The arguments for the grid spacing, time step, and diffusivity take default values,
but the `concenctration` argument does not.

**Question:** Without looking at the body of the function,
can you tell what sort of variable goes into the `concentration` argument?
A float? A string? A NumPy array?



Python is dynamically typed.

What type should a parameter be? Integer, float, string, NumPy array?!
It's hard to tell.

This is where *type hints* can be handy.

Do I want to talk about pass by reference?

How do we know what type/size of variables the function expects from its arguments?
This is where type hints can help.

Redo the function with type hints.

In [None]:
def solve1d(concentration: np.ndarray, grid_spacing: float = 1.0, time_step: float = 1.0, diffusivity: float = 1.0) -> None:
    flux = -diffusivity * np.diff(concentration) / grid_spacing
    concentration[1:-1] -= time_step * np.diff(flux) / grid_spacing

Type hints are optional, but useful.

Type hints are not enforced.

### Docstrings

Add documentation string (docstring) to `solve1d`.

In [None]:
def solve1d(concentration: np.ndarray, grid_spacing: float = 1.0, time_step: float = 1.0, diffusivity: float = 1.0) -> None:
    """Solve the one-dimensional diffusion equation with fixed boundary conditions.

    Parameters
    ----------
    concentration : ndarray
        The quantity being diffused.
    grid_spacing : float (optional)
        Distance between grid nodes.
    time_step : float (optional)
        Time step.
    diffusivity : float (optional)
        Diffusivity.

    Returns
    -------
    result : ndarray
        The temperatures after time *time_step*.

    Examples
    --------
    >>> import numpy as np
    >>> from solver import solve1d
    >>> z = np.zeros(5)
    >>> z[2] = 5
    >>> solve1d(z, diffusivity=0.25)
    array([   0.0,    1.2,    2.5,    1.2,    0.0])
    """
    flux = -diffusivity * np.diff(concentration) / grid_spacing
    concentration[1:-1] -= time_step * np.diff(flux) / grid_spacing

Use the `help` function.

In [None]:
help(solve1d)

In [None]:
?solve1d

Docstring aren't necessary, but they're a good practice.

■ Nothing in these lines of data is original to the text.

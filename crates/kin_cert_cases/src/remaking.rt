//! Which fact a table gives out as it fails, and how failure moments are made anew as points turn.

ghost use Rattle.std.specs.Prelude.{◌≡◌, ◌<◌};
ghost use Rattle.kin_cert_cases.specs.Listed.{AreListed};

use crate::trial::{Seats, Trial, line};
use kin_fail::Owned;
use kin_motion::form::Form;
use kin_motion::motion::{Motion, Motions};
use kin_num::{NoMemory, Sign};
use std::alloc::Global;
use std::marker::Brand;
use std::sync::ledger::{Blank, Ledger};
use std::test::Fail;

/// Whether the fact that the second point is to the right of the first fails at 5, and is then given
/// out alone.
fn fails_at_five<L: Ledger>(trial: &mut Trial<L>, motions: &Motions) -> Result<bool, NoMemory>
    requires { AreListed trial.old.table.live trial.old.facts.items }
{
    trial.bear(line(0, 1), motions, 0)?;
    let is_alone = trial.live() == 1 && trial.is_next(5, 1);
    let taken = trial.take()?;
    Ok(is_alone && is_the_fact(&taken))
}

fn is_the_fact(taken: &[Owned]) -> bool {
    match taken {
        [one] => one.structure == 0 && one.part == 0 && one.fact.sign == Sign::Plus,
        _ => false,
    }
}

/// A fact fails at 5, and still does after it was made anew for its first point, whose motion is as it was.
fn is_made_anew<L: Ledger>(trial: &mut Trial<L>, motions: &Motions) -> Result<bool, NoMemory>
    requires { AreListed trial.old.table.live trial.old.facts.items }
{
    trial.bear(line(0, 1), motions, 0)?;
    let first = trial.is_next(5, 1);
    trial.turn(0, motions, 0)?;
    Ok(first && trial.live() == 1 && trial.is_next(5, 2))
}

/// Of two facts one fails at 10 and one at 30. Where point 1 stops at 4, the first never does, and the
/// second, which doesn't name it, stays. No fact names point 3.
fn stops<L: Ledger>(
    trial: &mut Trial<L>,
    before: &Motions,
    after: &Motions,
) -> Result<bool, NoMemory>
    requires { AreListed trial.old.table.live trial.old.facts.items }
{
    trial.bear(line(0, 1), before, 0)?;
    trial.bear(line(0, 2), before, 0)?;
    let first = trial.is_next(10, 2);
    trial.turn(1, after, 4)?;
    trial.turn(3, after, 4)?;
    Ok(first && trial.is_next(30, 3))
}

/// A fact names point 1 twice and fails at 30. Where that stops at 4, it fails at 18.
fn is_named_twice<L: Ledger>(
    trial: &mut Trial<L>,
    before: &Motions,
    after: &Motions,
) -> Result<bool, NoMemory>
    requires { AreListed trial.old.table.live trial.old.facts.items }
{
    let form = Form::Dist {
        i: 0,
        j: 1,
        k: 1,
        l: 2,
    };
    trial.bear(form, before, 0)?;
    let first = trial.is_next(30, 1);
    trial.turn(1, after, 4)?;
    Ok(first && trial.is_next(18, 2))
}

/// A fact is born after another one was made anew, which fails at 24, and never fails. Where point 3
/// turns at 4, it fails at 18.
fn turns_late<L: Ledger>(
    trial: &mut Trial<L>,
    before: &Motions,
    after: &Motions,
) -> Result<bool, NoMemory>
    requires { AreListed trial.old.table.live trial.old.facts.items }
{
    trial.bear(line(1, 2), before, 4)?;
    trial.turn(1, before, 4)?;
    let first = trial.is_next(24, 2);
    trial.bear(line(1, 3), before, 4)?;
    trial.turn(3, after, 4)?;
    Ok(first && trial.is_next(18, 4))
}

/// Three facts are live, of which two have one first number, and each is found. A fourth one isn't there.
fn are_found<L: Ledger>(trial: &mut Trial<L>, motions: &Motions) -> Result<bool, NoMemory>
    requires { AreListed trial.old.table.live trial.old.facts.items }
{
    trial.bear(line(0, 1), motions, 0)?;
    trial.bear(line(0, 2), motions, 0)?;
    trial.bear(line(3, 1), motions, 0)?;
    let are_there = trial.has(&line(0, 1)) && trial.has(&line(0, 2)) && trial.has(&line(3, 1));
    Ok(are_there && trial.live() == 3 && !trial.has(&line(0, 3)))
}

/// What is shown of a table.
#[derive(Clone, Copy)]
enum Case {
    FailsAtFive,
    IsMadeAnew,
    Stops,
    IsNamedTwice,
    TurnsLate,
    AreFound,
}

/// Whether it holds of a table, under these motions and then those.
fn holds_of<L: Ledger>(
    case: Case,
    trial: &mut Trial<L>,
    before: &Motions,
    after: &Motions,
) -> Result<bool, NoMemory>
    requires { AreListed trial.old.table.live trial.old.facts.items }
{
    match case {
        Case::FailsAtFive => fails_at_five(trial, before),
        Case::IsMadeAnew => is_made_anew(trial, before),
        Case::Stops => stops(trial, before, after),
        Case::IsNamedTwice => is_named_twice(trial, before, after),
        Case::TurnsLate => turns_late(trial, before, after),
        Case::AreFound => are_found(trial, before),
    }
}

/// The same of a new table. It is dropped here alone, since each way to a drop is costly to prove.
fn is_shown<L: Ledger>(
    case: Case,
    alloc: Global,
    seats: Seats,
    before: &Motions,
    after: &Motions,
    blank: Blank,
) -> Result<bool, NoMemory>
    requires name { blank.name ≡ L.name }
    requires parts { blank.parts ≡ L.parts }
    requires some { 0 < L.parts }
{
    let mut trial = Trial::<L>::begin(alloc, seats, blank)?;
    holds_of(case, &mut trial, before, after)
}

/// Four points on the x axis: the first rests at 0, the third comes from 30 with the speed -1.
fn points(alloc: Global, second: Motion, fourth: Motion) -> Result<Motions, NoMemory> {
    let mut all = Motions::new(alloc, 2)?;
    all.set(0, Motion::new(0, 0, 0, 0));
    all.set(1, second);
    all.set(2, Motion::new(30, 0, -1, 0));
    all.set(3, fourth);
    Ok(all)
}

/// Two points on the x axis that come together at 5.
fn meeting(alloc: Global) -> Result<Motions, NoMemory> {
    let mut motions = Motions::new(alloc, 1)?;
    motions.set(0, Motion::new(0, 0, 1, 0));
    motions.set(1, Motion::new(10, 0, -1, 0));
    Ok(motions)
}

/// No plan, a plan in which no fact has a seat, one in which each first number has one, one in which only the number 0
/// has one, one in which all facts have the same, one in which two parts share their seats, and one in which they are facts
/// of merges.
fn plans() -> [Seats; 7] {
    [
        Seats::None,
        Seats::Planned {
            size: 2,
            lists: 0,
            nodes: 0,
        },
        Seats::Planned {
            size: 2,
            lists: 1,
            nodes: 0,
        },
        Seats::Planned {
            size: 0,
            lists: 1,
            nodes: 0,
        },
        Seats::Planned {
            size: 2,
            lists: 0,
            nodes: 1,
        },
        Seats::Pairs { size: 2, lists: 1 },
        Seats::Merges { size: 2, rows: 4 },
    ]
}

#[test]
fn a_table_gives_its_failing_fact(rt: HostRuntime) -> Result<(), Fail> {
    let motions = meeting(rt.alloc())?;
    for seats in plans() {
        let holds = is_shown::<Brand>(
            Case::FailsAtFive,
            rt.alloc(),
            seats,
            &motions,
            &motions,
            Blank::new(1),
        )?;
        assert!(rt; holds, "{seats:?}");
    }
    Ok(())
}

#[test]
fn a_point_goes_on_as_before(rt: HostRuntime) -> Result<(), Fail> {
    let motions = meeting(rt.alloc())?;
    for seats in plans() {
        let holds = is_shown::<Brand>(
            Case::IsMadeAnew,
            rt.alloc(),
            seats,
            &motions,
            &motions,
            Blank::new(1),
        )?;
        assert!(rt; holds, "{seats:?}");
    }
    Ok(())
}

#[test]
fn a_point_stops(rt: HostRuntime) -> Result<(), Fail> {
    let fourth = Motion::new(20, 0, 0, 0);
    let before = points(rt.alloc(), Motion::new(10, 0, -1, 0), fourth)?;
    let after = points(rt.alloc(), Motion::new(6, 0, 0, 0), fourth)?;
    for seats in plans() {
        let holds = is_shown::<Brand>(
            Case::Stops,
            rt.alloc(),
            seats,
            &before,
            &after,
            Blank::new(1),
        )?;
        assert!(rt; holds, "{seats:?}");
    }
    Ok(())
}

#[test]
fn a_fact_names_a_point_twice(rt: HostRuntime) -> Result<(), Fail> {
    let fourth = Motion::new(20, 0, 0, 0);
    let before = points(rt.alloc(), Motion::new(10, 0, -1, 0), fourth)?;
    let after = points(rt.alloc(), Motion::new(6, 0, 0, 0), fourth)?;
    for seats in plans() {
        let holds = is_shown::<Brand>(
            Case::IsNamedTwice,
            rt.alloc(),
            seats,
            &before,
            &after,
            Blank::new(1),
        )?;
        assert!(rt; holds, "{seats:?}");
    }
    Ok(())
}

#[test]
fn a_later_point_turns(rt: HostRuntime) -> Result<(), Fail> {
    let stopped = Motion::new(6, 0, 0, 0);
    let before = points(rt.alloc(), stopped, Motion::new(20, 0, 0, 0))?;
    let after = points(rt.alloc(), stopped, Motion::new(24, 0, -1, 0))?;
    for seats in plans() {
        let holds = is_shown::<Brand>(
            Case::TurnsLate,
            rt.alloc(),
            seats,
            &before,
            &after,
            Blank::new(1),
        )?;
        assert!(rt; holds, "{seats:?}");
    }
    Ok(())
}

#[test]
fn facts_of_one_seat_are_found(rt: HostRuntime) -> Result<(), Fail> {
    let motions = points(
        rt.alloc(),
        Motion::new(10, 0, -1, 0),
        Motion::new(20, 0, 0, 0),
    )?;
    for seats in plans() {
        let holds = is_shown::<Brand>(
            Case::AreFound,
            rt.alloc(),
            seats,
            &motions,
            &motions,
            Blank::new(1),
        )?;
        assert!(rt; holds, "{seats:?}");
    }
    Ok(())
}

Documentation systems such as sphinx (link) use information from docstrings to produce documentation.

## Composition

Put the functions together.
*Compose* the functions.

In [None]:
def example():
    """An example of running `solve1d`."""
    print(example.__doc__)
    D = 100  # diffusivity
    Lx = 10  # domain length
    dx = 0.5 # grid spacing

    dt = calculate_time_step(dx, D)
    C = set_initial_profile(Lx)

    print("Time = 0\n", C)
    for t in range(1, 5):
        solve1d(C, dx, dt, D)
        print(f"Time = {t*dt:.4f}\n", C)

This is our first taste of how larger programs are built:
we define basic operations,
then combine them in ever-larger chunks to get the effect we want.
Real-life functions will usually be larger than the ones shown here --- typically half a dozen to a few dozen lines --- but
they shouldn't ever be much longer than that,
or the next person who reads it won't be able to understand what's going on.

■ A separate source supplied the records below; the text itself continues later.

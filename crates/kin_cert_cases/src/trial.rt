//! A small table with all its facts at hand.

ghost use Rattle.std.specs.Prelude.{◌≡◌, ◌<◌, ◌^◌, [], unsigned_abs, Contains, IsTrue, OnOk, IfOk};
ghost use Rattle.std.specs.List.{All};
ghost use Rattle.kin_motion.specs.Course.{live_of};
ghost use Rattle.kin_motion.specs.Forms.{IsAskable};
ghost use Rattle.kin_motion.specs.Numbers.{IsIn};
ghost use Rattle.kin_motion.specs.Scene.{scene_at, Holds};
ghost use Rattle.kin_cert.specs.Applied.{IsOf};
ghost use Rattle.kin_cert.specs.Facts.{LiveFact};
ghost use Rattle.kin_cert_cases.specs.Listed.{AreListed};

use crate::moments::moment;
use kin_cert::{Plan, Table};
use kin_fail::{Now, Owned};
use kin_motion::fact::{Delta, Fact, Placed};
use kin_motion::form::Form;
use kin_motion::motion::Motions;
use kin_motion::signs::Signs;
use kin_num::{Moment, NoMemory, Phase, Steps};
use std::alloc::Global;
use std::sync::ledger::{Blank, Ledger};

fn is_live(motions: &Motions, number: u32) -> bool
    ensures { IsTrue result → IsIn number (live_of motions.now) }
{
    motions.get(number).is_some()
}

/// Whether it is a form of these tests, which may be asked for.
fn is_askable(form: &Form, motions: &Motions) -> bool
    ensures { IsTrue result → IsAskable (live_of motions.now) form.now }
{
    match *form {
        Form::Line {
            dx: 1,
            dy: 0,
            off: 0,
            i,
            j,
        } => is_live(motions, i) && is_live(motions, j),
        Form::Dist { i, j, k, l } => {
            is_live(motions, i) && is_live(motions, j) && is_live(motions, k) && is_live(motions, l)
        }
        _ => false,
    }
}

/// Whether the fact may be asked for, and holds now.
fn holds<L: Ledger>(fact: &Fact, motions: &Motions, now: &Moment, steps: &mut Steps<L>) -> bool
    ensures askable { IsTrue result → IsAskable (live_of motions.now) fact.now.form }
    ensures hold { IsTrue result → Holds (scene_at motions.now now.now) fact.now }
{
    if !is_askable(&fact.form, motions) {
        return false;
    }
    let sign = Now {
        motions,
        moment: now,
    }
    .sign(&fact.form, steps);
    sign == fact.sign
}

/// Whether each of these facts may be asked for and holds now.
fn all_hold<L: Ledger>(
    facts: &[Placed],
    motions: &Motions,
    now: &Moment,
    steps: &mut Steps<L>,
) -> bool
    ensures askable { IsTrue result → All (λ p. IsAskable (live_of motions.now) p.fact.form) facts.now }
    ensures hold { IsTrue result → All (λ p. Holds (scene_at motions.now now.now) p.fact) facts.now }
{
    for placed in facts {
        if !holds(&placed.fact, motions, now, steps) {
            return false;
        }
    }
    true
}

/// Bears one fact and also lists it.
fn bear_listed<L: Ledger>(
    alloc: Global,
    table: &mut Table,
    facts: &mut Vec<Placed>,
    placed: Placed,
    motions: &Motions,
    now: &Moment,
    steps: &mut Steps<L>,
) -> Result<(), NoMemory>
    requires free { (l : LiveFact) → Contains table.old.live l → ¬ (IsOf 0 placed l) }
    requires askable { IsAskable (live_of motions.now) placed.fact.form }
    requires holds { Holds (scene_at motions.now now.now) placed.fact }
    requires listed { AreListed table.old.live facts.old.items }
    ensures { OnOk result (AreListed table.new.live facts.new.items) }
{
    facts.reserve(1)?;
    facts.push_reserved(placed);
    let mut delta = Delta::new(alloc);
    delta.report_born(placed)?;
    table.apply(0, &delta, motions, now, steps)?;
    Ok(())
}

/// The seats of a table.
#[derive(Clone, Copy, Debug)]
pub enum Seats {
    /// The table has no plan.
    None,
    /// It has seats in so many lists of the numbers below `2^size`, and in so many nodes.
    Planned { size: u32, lists: u32, nodes: u32 },
    /// It has seats in so many lists of two parts of the numbers below `2^size`.
    Pairs { size: u32, lists: u32 },
    /// It has seats in so many rows of merges of the numbers below `2^size`.
    Merges { size: u32, rows: u32 },
}

// A table without facts, with these seats.
fn table_with(alloc: Global, seats: Seats) -> Result<Table, NoMemory>
    ensures { IfOk result (λ t. t.live ≡ []) }
{
    match seats {
        Seats::None => Ok(Table::new(alloc)),
        Seats::Planned { size, lists, nodes } => {
            let mut plan = Plan::new(alloc, size);
            plan.add(lists, nodes)?;
            Table::with_room(alloc, 4, plan)
        }
        Seats::Pairs { size, lists } => {
            let mut plan = Plan::new(alloc, size);
            plan.add_pairs(lists)?;
            Table::with_room(alloc, 4, plan)
        }
        Seats::Merges { size, rows } => {
            let mut plan = Plan::new(alloc, size);
            plan.add_merges(rows)?;
            Table::with_room(alloc, 4, plan)
        }
    }
}

/// A small table with its facts, and a counter.
#[derive(Drop)]
pub struct Trial<L: Ledger> {
    alloc: Global,
    pub table: Table,
    /// All facts of the table.
    pub facts: Vec<Placed>,
    steps: Steps<L>,
}

impl<L: Ledger> Trial<L> {
    /// A trial without facts, of a table with these seats.
    pub fn begin(alloc: Global, seats: Seats, blank: Blank) -> Result<Trial<L>, NoMemory>
        requires name { blank.name ≡ L.name }
        requires parts { blank.parts ≡ L.parts }
        requires some { 0 < L.parts }
        ensures { IfOk result (λ t. AreListed t.table.live t.facts.items) }
    {
        Ok(Trial {
            alloc,
            table: table_with(alloc, seats)?,
            facts: Vec::new(alloc),
            steps: Steps::<L>::open(blank),
        })
    }

    /// Whether there is a live fact of this form.
    pub fn has(&self, form: &Form) -> bool {
        self.table.sign_of(0, 0, form).is_some()
    }

    /// Bears the fact that the form has its sign at this second, if the form may be asked for and no
    /// fact has it.
    pub fn bear(&mut self, form: Form, motions: &Motions, second: i64) -> Result<(), NoMemory>
        requires whole { unsigned_abs second < 2 ^ 31 }
        requires listed { AreListed self.old.table.live self.old.facts.items }
        ensures { OnOk result (AreListed self.new.table.live self.new.facts.items) }
    {
        if !is_askable(&form, motions) || self.table.sign_of(0, 0, &form).is_some() {
            return Ok(());
        }
        let now = moment(second, Phase::At);
        let sign = Now {
            motions,
            moment: &now,
        }
        .sign(&form, &mut self.steps);
        let placed = Placed {
            part: 0,
            fact: Fact { form, sign },
        };
        bear_listed(
            self.alloc,
            &mut self.table,
            &mut self.facts,
            placed,
            motions,
            &now,
            &mut self.steps,
        )
    }

    /// Makes anew what names the number, if all facts hold at this second.
    pub fn turn(&mut self, number: u32, motions: &Motions, second: i64) -> Result<(), NoMemory>
        requires whole { unsigned_abs second < 2 ^ 31 }
        requires listed { AreListed self.old.table.live self.old.facts.items }
        ensures { OnOk result (AreListed self.new.table.live self.new.facts.items) }
    {
        let now = moment(second, Phase::At);
        if !all_hold(&self.facts, motions, &now, &mut self.steps) {
            return Ok(());
        }
        self.table.remake(number, motions, &now, &mut self.steps)?;
        Ok(())
    }

    /// Gives out the facts that fail next.
    pub fn take(&mut self) -> Result<Vec<Owned>, NoMemory>
        requires listed { AreListed self.old.table.live self.old.facts.items }
    {
        let Some(_) = self.table.failing() else {
            return Ok(Vec::new(self.alloc));
        };
        self.table.take_failing(&mut self.steps)
    }

    /// Whether the next failure is at this second, and so many failure moments were made.
    pub fn is_next(&self, second: i64, made: u64) -> bool
        requires whole { unsigned_abs second < 2 ^ 31 }
        requires listed { AreListed self.now.table.live self.now.facts.items }
    {
        self.table.made() == made && self.table.failing() == Some(moment(second, Phase::At))
    }

    /// How many facts there are.
    pub fn live(&self) -> usize {
        self.table.live()
    }
}

pub fn line(i: u32, j: u32) -> Form {
    Form::Line {
        dx: 1,
        dy: 0,
        off: 0,
        i,
        j,
    }
}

Run the example `example`.

In [None]:
example()

## Exercises

1.  "Adding" two strings produces their concatenation: `'a' + 'b'` is `'ab'`. Write a function called `fence` that takes two parameters, `original` and `wrapper`, and returns a new string that has the wrapper character at the beginning and end of the original.

1. Write a function, `normalize`, that takes an array as input and returns a corresponding array of values scaled to the range $[0,1]$. (Hint: Look at NumPy functions such as `arange` and `linspace` to see how their arguments are defined.)

1.  Rewrite your `normalize` function so that it scales data to $[0,1]$ by default, but allows a user to optionally specify the lower and upper bounds.

## Summary

More info in the Python documentation.

https://docs.python.org/3/tutorial/controlflow.html#defining-functions

https://docs.python.org/3/tutorial/controlflow.html#more-on-defining-functions
including default arguments

Unresolved: formal versus actual parameters.

Unresolved: global variables.

If your function doesn't fit on a screen, it's too long.
Break it up.

The process of building larger programs from smaller functions--composition--is a key element of scientific programing.

How do we know a function is working as we expect?
This is *unit testing*, covered later.